A criminal defendant's statutory and constitutional right to be present at the material stages of his or her trial derives from the fear that, in the defendant's absence at such material proceedings, he or she will be denied a full opportunity to defend against the charges or be confronted with the appearance of impropriety attendant to wholly secret trials (see Kentucky v. Stincer, 482 U.S. 730, 745 [1987] [“a defendant is guaranteed the right to be present at any stage of the criminal proceeding that is critical to its outcome if his presence would contribute to the fairness of the procedure”]; Snyder v. Massachusetts, 291 U.S. 97, 105–106 [1934] [defendant has a right to be present “whenever his presence has a relation, reasonably substantial, to the fullness of his opportunity to defend against the charge”]; People v. Morales, 80 N.Y.2d 450, 456 [1992] [“To the extent there is a concern about secret trials, defendant's presence serves a symbolic function” regardless of defendant's “potential contribution to the proceedings”]; People v. Bragle, 88 N.Y. 585, 590 [1882] [the old statute guaranteeing the right to be present “was evidently meant for the protection of the prisoner, and a substantial performance was all which was required”]; Maurer v. People, 43 NY1, 4 [1870] [right to be present under old statute had to be honored so “that the accused have the opportunity of correcting any error in the answers, or of calling attention to other parts of the evidence explanatory thereof, or that may modify its effect”]; cf. People v. Colascione, 22 N.Y.2d 55, 70–71 [1968] [“here, opportunity to act” with respect to the court's inquiry of the jury “was withdrawn from counsel” and defendant, thus violating defendant's right to be present, and “[t]here was no contemporaneous record” of ex parte proceedings] ).
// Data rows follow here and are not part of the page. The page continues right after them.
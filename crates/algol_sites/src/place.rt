//! Which names can be assigned to.

ghost use Rattle.std.specs.Prelude.{◌≡◌, [], ◌∷◌, ◌++◌, List, OnOk};
ghost use Rattle.algol_tree.specs.Blocks.{Block, number_at};
ghost use Rattle.algol_tree.specs.Surroundings.{Surroundings};
ghost use Rattle.algol_sites.specs.Assigning.{is_within, takes};
ghost use Rattle.algol_sites.specs.Placing.{BlockIsFound, SiteIsPlaced, outer_of};

use algol_sorts::Sort;
use algol_tree::Spot;
use std::alloc::{AllocError, Global};

/// The block of a place, by the places where blocks begin, a procedure's at its name.
#[derive(Drop)]
pub struct Place {
    pub block: Spot,
    /// The blocks around that, the innermost last.
    pub around: Vec<Spot>,
}

impl Place {
    /// The outer block of a program whose BEGIN stands there.
    pub fn outermost(alloc: Global, begin: Spot) -> Place
        ensures block { result.block ≡ begin }
        ensures around { result.around.items ≡ [] }
        ensures placed { (blocks : List Block) (b : Block) (a : Surroundings) → BlockIsFound blocks b → b.spot ≡ begin → b.outer ≡ [] → a.block ≡ number_at blocks begin → SiteIsPlaced blocks result a }
    {
        Place {
            block: begin,
            around: Vec::new(alloc),
        }
    }

    /// A block begins there.
    pub fn open(&mut self, spot: Spot) -> Result<(), AllocError>
        ensures block { OnOk result (self.new.block ≡ spot) }
        ensures around { OnOk result (self.new.around.items ≡ self.old.around.items ++ self.old.block ∷ []) }
        ensures placed { OnOk result ((blocks : List Block) (b : Block) (a c : Surroundings) → SiteIsPlaced blocks self.old a → BlockIsFound blocks b → b.spot ≡ spot → b.outer ≡ outer_of self.old → c.block ≡ number_at blocks spot → SiteIsPlaced blocks self.new c) }
    {
        self.around.push(self.block)?;
        self.block = spot;
        Ok(())
    }

    /// The innermost block ends.
    pub fn close(&mut self)
        ensures { (block : Spot) (around : List Spot) → self.old.around.items ≡ around ++ block ∷ [] → (self.new.block ≡ block) × (self.new.around.items ≡ around) }
    {
        if let Some(outer) = self.around.pop() {
            self.block = outer;
        }
    }

    /// Whether the place is inside the procedure whose heading has its name there.
    fn is_inside(&self, procedure: Spot) -> bool
        ensures { result ≡ is_within self.now.block self.now.around.items procedure }
    {
        self.block == procedure || self.around.as_slice().contains(&procedure)
    }

    /// Whether a name without subscripts that is declared so, there, can be assigned to: a simple variable, a simple parameter, or
    /// the typed procedure around the place. Nothing is said against a name of which nothing is known.
    pub fn is_assignable(&self, sort: Sort, declared: Spot) -> bool
        ensures { result ≡ takes self.now.block self.now.around.items sort declared }
    {
        match sort {
            Sort::Variable(_) => true,
            Sort::ByName(_) => true,
            Sort::Procedure(Some(_)) => self.is_inside(declared),
            Sort::Unspecified => true,
            _ => false,
        }
    }
}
To prevent the deprivation of a defendant's opportunity to provide meaningful input or to object to a court's actions at important proceedings, we have held that a defendant's significant absence from a material, non-ministerial stage of the trial results in a mode of proceedings error, which need not be preserved, cannot be waived and requires reversal of the conviction (see People v. Cain, 76 N.Y.2d 119, 124 [1990]; People v. Mehmedi, 69 N.Y.2d 759, 760 [1987] ). However, under some circumstances, where the defendant either could not have provided meaningful input on, or eventually has an opportunity to object to and cure, a court's brief ex parte conduct during jury deliberations, no mode of proceedings error occurs, and the court commits only a de minimis violation of the right to be present, which does not warrant reversal (see People v. Collins, 99 N.Y.2d 14, 18–19 [2002]; People v. Roman, 88 N.Y.2d 18, 26 [1996]; People v. Morales, 80 N.Y.2d 450, 457 n 2 [1992] ).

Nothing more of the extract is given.